-------- RECORDED INFORMATION

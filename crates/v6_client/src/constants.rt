//! The numbers that the definitions take from the code. The function does nothing: its contract holds each of them.

ghost use Rattle.std.specs.Prelude.{◌≡◌};

use crate::answers::{LEAST_SOL_MAX, MOST_SOL_MAX};
use crate::exchange::LONGEST_TIME;
use crate::hearing::HIGHEST_PREFERENCE;
use crate::times::{DELAY_SPREAD, RESTART_TIME};

/// Law: the client keeps the numbers of RFC 8415, sections 7.6, 18.2.1, 21.8 and 21.24: times in milliseconds, those
/// of SOL_MAX_RT in seconds.
pub fn times_are_those_of_rfc_8415()
    ensures least_sol_max { LEAST_SOL_MAX ≡ 60 }
    ensures most_sol_max { MOST_SOL_MAX ≡ 86400 }
    ensures longest_time { LONGEST_TIME ≡ 4294967295 }
    ensures highest_preference { HIGHEST_PREFERENCE ≡ 255 }
    ensures delay_spread { DELAY_SPREAD ≡ 1001 }
    ensures restart_time { RESTART_TIME ≡ 10000 }
{}
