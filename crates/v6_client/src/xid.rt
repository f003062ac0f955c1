//! The transaction ids of a client's exchanges.

ghost use Rattle.std.specs.Prelude.{◌≡◌};
ghost use Rattle.v6_client.specs.Exchanges.{xid_drawn};

use net_types::IfIndex;

/// The upper word of a salt begins at this bit.
const WORD_BITS: u32 = 32;
/// How many transaction ids there are (RFC 8415, section 8).
const XIDS: u64 = 1 << 24;

/// The transaction id of a new exchange, from the salt's upper word. It is never `last`, that of the exchange before.
pub(crate) fn draw_xid(salt: u64, iface: IfIndex, last: Option<u32>) -> u32
    ensures { result ≡ xid_drawn salt iface last }
{
    let xid = (salt >> WORD_BITS) + u64::from(iface.number);
    let drawn = (xid % XIDS) as u32;
    match last {
        Some(before) if before == drawn => ((u64::from(drawn) + 1) % XIDS) as u32,
        _ => drawn,
    }
}
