//! What a client says.

ghost use Rattle.std.specs.Prelude.{◌≤◌, length};

use crate::kind::Kind6;
use net_types::Net6;
use v6_options::{Duid, IaKind};

/// An IA of a client's message with the addresses (nets of length 128) or prefixes that it names: at most four.
#[derive(Drop)]
pub struct IaAsked {
    pub kind: IaKind,
    pub iaid: u32,
    pub items: Vec<Net6>,
    ghost few: { length items.items ≤ 4 },
}

/// A message of a client. It has at most six IAs.
#[derive(Drop)]
pub struct Said6 {
    pub kind: Kind6,
    /// Below 2^24.
    pub xid: u32,
    /// Hundredths of a second since the exchange began (RFC 8415, section 21.9).
    pub elapsed: u16,
    /// The server that is spoken to.
    pub server: Option<Duid>,
    /// Whether a Reply may answer a SOLICIT at once (RFC 8415, section 21.14).
    pub rapid: bool,
    pub ias: Vec<IaAsked>,
    ghost few: { length ias.items ≤ 6 },
}

impl IaAsked {
    /// How many addresses or prefixes an IA names at most.
    pub const ITEMS_MAX: usize = 4;
}

impl Said6 {
    /// How many IAs a message has at most.
    pub const IAS_MAX: usize = 6;
}
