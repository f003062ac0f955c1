//! A server's message, read.

ghost use Rattle.std.specs.Prelude.{◌≡◌, ◌≤◌, [], length, map, Some, IfOk, IfErr, unwrap_or};
ghost use Rattle.std.specs.Option.{option_and_then};
ghost use Rattle.v6_options.specs.OptionArea.{instances_in};
ghost use Rattle.v6_options.specs.OptionWalk.{first_of};
ghost use Rattle.v6_options.specs.Ias.{ias_in};
ghost use Rattle.v6_options.specs.IaViews.{ia_content};
ghost use Rattle.v6_options.specs.Codes as codes;
ghost use Rattle.v6_message.specs.Replies.{content_of, message6_in, options_area, preference_by, refusal_of, seconds_by, xid_in};
ghost use Rattle.v6_message.specs.Shown.{message_shown};

use crate::kind::{ServerKind6, server_kind_of};
use byteorder::{BigEndian, ByteOrder};
use net_types::NoMemory;
use std::alloc::Global;
use thiserror::Error;
use v6_options::{IaSaid, Status, check_options, code, first_value, ia_views, status_of};

/// Where the options begin.
///
/// ```text
/// | type (1) | xid (3) | options |
/// ```
const OPTIONS: usize = 4;

/// Why bytes aren't a server's message: the first of these that holds.
#[derive(Clone, Copy, Debug, PartialEq, Eq, Error)]
pub enum Bad6 {
    /// There are fewer bytes than a type and a transaction ID take.
    #[error("Short")]
    Short,
    /// The first option, at any depth, that runs past what holds it, has no room for its fixed fields or a prefix of
    /// more than 128 bits stands at this byte.
    #[error("Malformed")]
    Malformed { place: usize },
    /// The type is neither ADVERTISE nor REPLY.
    #[error("OtherType")]
    OtherType,
}

/// A server's message. Of each option the first counts.
#[derive(Clone, Copy)]
pub struct Msg6<'a> {
    pub kind: ServerKind6,
    /// Below 2^24.
    pub xid: u32,
    /// The DUID of the client that it goes to.
    pub client: Option<&'a [u8]>,
    /// The DUID of the server.
    pub server: Option<&'a [u8]>,
    pub status: Status,
    /// 0 where there is none.
    pub preference: u8,
    /// Whether it has option 14.
    pub rapid: bool,
    /// The longest time between two SOLICITs, in seconds.
    pub sol_max: Option<u32>,
    /// What `dns6_of` reads; nothing where there is no option 23.
    pub dns: &'a [u8],
    /// What `search6_of` reads; nothing where there is no option 24.
    pub search: &'a [u8],
    /// All options, with the IAs.
    pub options: &'a [u8],
}

/// The preference among options.
fn preference_of(options: &[u8]) -> u8
    ensures { result ≡ preference_by (first_of codes.preference (instances_in options.now)) }
{
    match first_value(options, code::PREFERENCE) {
        Some([value]) => *value,
        _ => 0,
    }
}

/// Seconds in four bytes.
fn seconds_of(value: &[u8]) -> Option<u32>
    ensures { result ≡ seconds_by value.now }
{
    if value.len() != 4 {
        return None;
    }
    Some(BigEndian::read_u32(value))
}

fn sol_max_of(options: &[u8]) -> Option<u32>
    ensures { result ≡ option_and_then seconds_by (first_of codes.sol_max_rt (instances_in options.now)) }
{
    let value = first_value(options, code::SOL_MAX_RT)?;
    seconds_of(value)
}

/// The value of the first option of a code, or nothing.
fn value_or_nothing(options: &[u8], code: u16) -> &[u8]
    ensures { result.now ≡ unwrap_or (first_of code (instances_in options.now)) [] }
{
    match first_value(options, code) {
        Some(value) => value,
        None => &[],
    }
}

fn xid_at(payload: &[u8]) -> u32
    requires { 4 ≤ length payload.now }
    ensures { result ≡ xid_in payload.now }
{
    BigEndian::read_u24(&payload[1..])
}

/// What a message of this kind says.
fn message_of(kind: ServerKind6, payload: &[u8]) -> Msg6<'_>
    requires { 4 ≤ length payload.now }
    ensures { message_shown result ≡ content_of payload.now (instances_in (options_area payload.now)) kind }
{
    let (_, options) = payload.split_at(OPTIONS);
    Msg6 {
        kind,
        xid: xid_at(payload),
        client: first_value(options, code::CLIENT_IDENTIFIER),
        server: first_value(options, code::SERVER_IDENTIFIER),
        status: status_of(options),
        preference: preference_of(options),
        rapid: first_value(options, code::RAPID_COMMIT).is_some(),
        sol_max: sol_max_of(options),
        dns: value_or_nothing(options, code::DNS_SERVERS),
        search: value_or_nothing(options, code::DOMAIN_LIST),
        options,
    }
}

/// The server's message that the bytes are (RFC 8415, sections 7.3 and 8). A refusal is the first fault in the order of
/// `Bad6`; options are judged at each depth, an option before those that it holds.
#[tactic(auto, unfolding(crate::specs::Replies::message6_in))]
pub fn read6(payload: &[u8]) -> Result<Msg6<'_>, Bad6>
    ensures read { IfOk result (λ message. message6_in payload.now ≡ Some (message_shown message)) }
    ensures refused { IfErr result (λ bad. refusal_of payload.now ≡ Some bad) }
{
    if payload.len() < OPTIONS {
        return Err(Bad6::Short);
    }
    let (_, options) = payload.split_at(OPTIONS);
    if let Err(malformed) = check_options(options, OPTIONS) {
        return Err(Bad6::Malformed {
            place: malformed.place,
        });
    }
    match server_kind_of(payload[0]) {
        Some(kind) => Ok(message_of(kind, payload)),
        None => Err(Bad6::OtherType),
    }
}

/// The IAs of a message with their addresses and prefixes, in their order.
pub fn ias_of(alloc: Global, message: &Msg6) -> Result<Vec<IaSaid>, NoMemory>
    ensures { IfOk result (λ ias. map ia_content ias.items ≡ ias_in message.now.options.now) }
{
    let mut ias = Vec::new(alloc);
    'ias: for ia in ia_views(message.options) {
        ias.push(ia.to_said(alloc)?)?;
    }
    Ok(ias)
}
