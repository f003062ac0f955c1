//! The times of an exchange and of a restart, in milliseconds.

ghost use Rattle.std.specs.Prelude.{◌≡◌, ◌≤◌};
ghost use Rattle.v6_client.specs.Times as times;

use crate::turn::Turn6;
use machine::draw;

/// The delay of the first SOLICIT is up to a second: one of so many milliseconds (SOL_MAX_DELAY, RFC 8415, section
/// 18.2.1).
pub const DELAY_SPREAD: u32 = 1001;
/// For so many milliseconds the items of the kept lease are asked for again.
pub const RESTART_TIME: u64 = 10_000;

/// The delay of the first SOLICIT.
pub(crate) fn first_delay(turn: Turn6) -> u64
    ensures value { result ≡ times.first_delay turn }
    ensures most { result ≤ 1001 }
{
    if turn.site.flags.nodelay {
        1
    } else {
        u64::from(draw(turn.salt, turn.site.iface.index, DELAY_SPREAD))
    }
}

/// The hundredths of a second from `began` to `at`, as a message tells them (RFC 8415, section 21.9).
pub(crate) fn elapsed(began: u64, at: u64) -> u16
    ensures { result ≡ times.elapsed began at }
{
    (at.saturating_sub(began) / 10).min(0xffff) as u16
}
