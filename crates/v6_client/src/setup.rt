//! What a client is told about itself.

use net_types::IfSpec;
use settings::Flags;
use v6_items::IaAsk;
use v6_options::Duid;

/// The settings of a client.
#[derive(Drop)]
pub struct Set6 {
    /// The interface that it serves.
    pub iface: IfSpec,
    /// The directives of one word of the interface.
    pub flags: Flags,
    /// What servers tell it by (RFC 8415, section 11).
    pub duid: Duid,
    /// What it asks for: at most six IAs, unlike in kind or IAID.
    pub ias: Vec<IaAsk>,
    /// Whether a server may answer a SOLICIT by a Reply (RFC 8415, section 18.2.1).
    pub rapid: bool,
}

/// The settings that the table of states looks at: those of `Set6` that are plain values.
#[derive(Clone, Copy, PartialEq, Eq)]
pub struct Site6 {
    pub iface: IfSpec,
    pub flags: Flags,
    pub rapid: bool,
}
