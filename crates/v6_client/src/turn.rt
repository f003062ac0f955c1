//! What a row of the table looks at beside the state.

use crate::setup::Site6;

/// The settings, the transaction id of the last exchange, the longest time between two SOLICITs in milliseconds, the
/// moment, and the salt of the turn.
#[derive(Clone, Copy, PartialEq, Eq)]
pub struct Turn6 {
    pub site: Site6,
    pub last: Option<u32>,
    pub sol_max: u64,
    pub at: u64,
    pub salt: u64,
}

----------------

**PROMPT**
When a line in the data holds the word "OtherType", show that line.

**ANSWER TO THE EXERCISE**
    #[error("OtherType")]
    OtherType,
        None => Err(Bad6::OtherType),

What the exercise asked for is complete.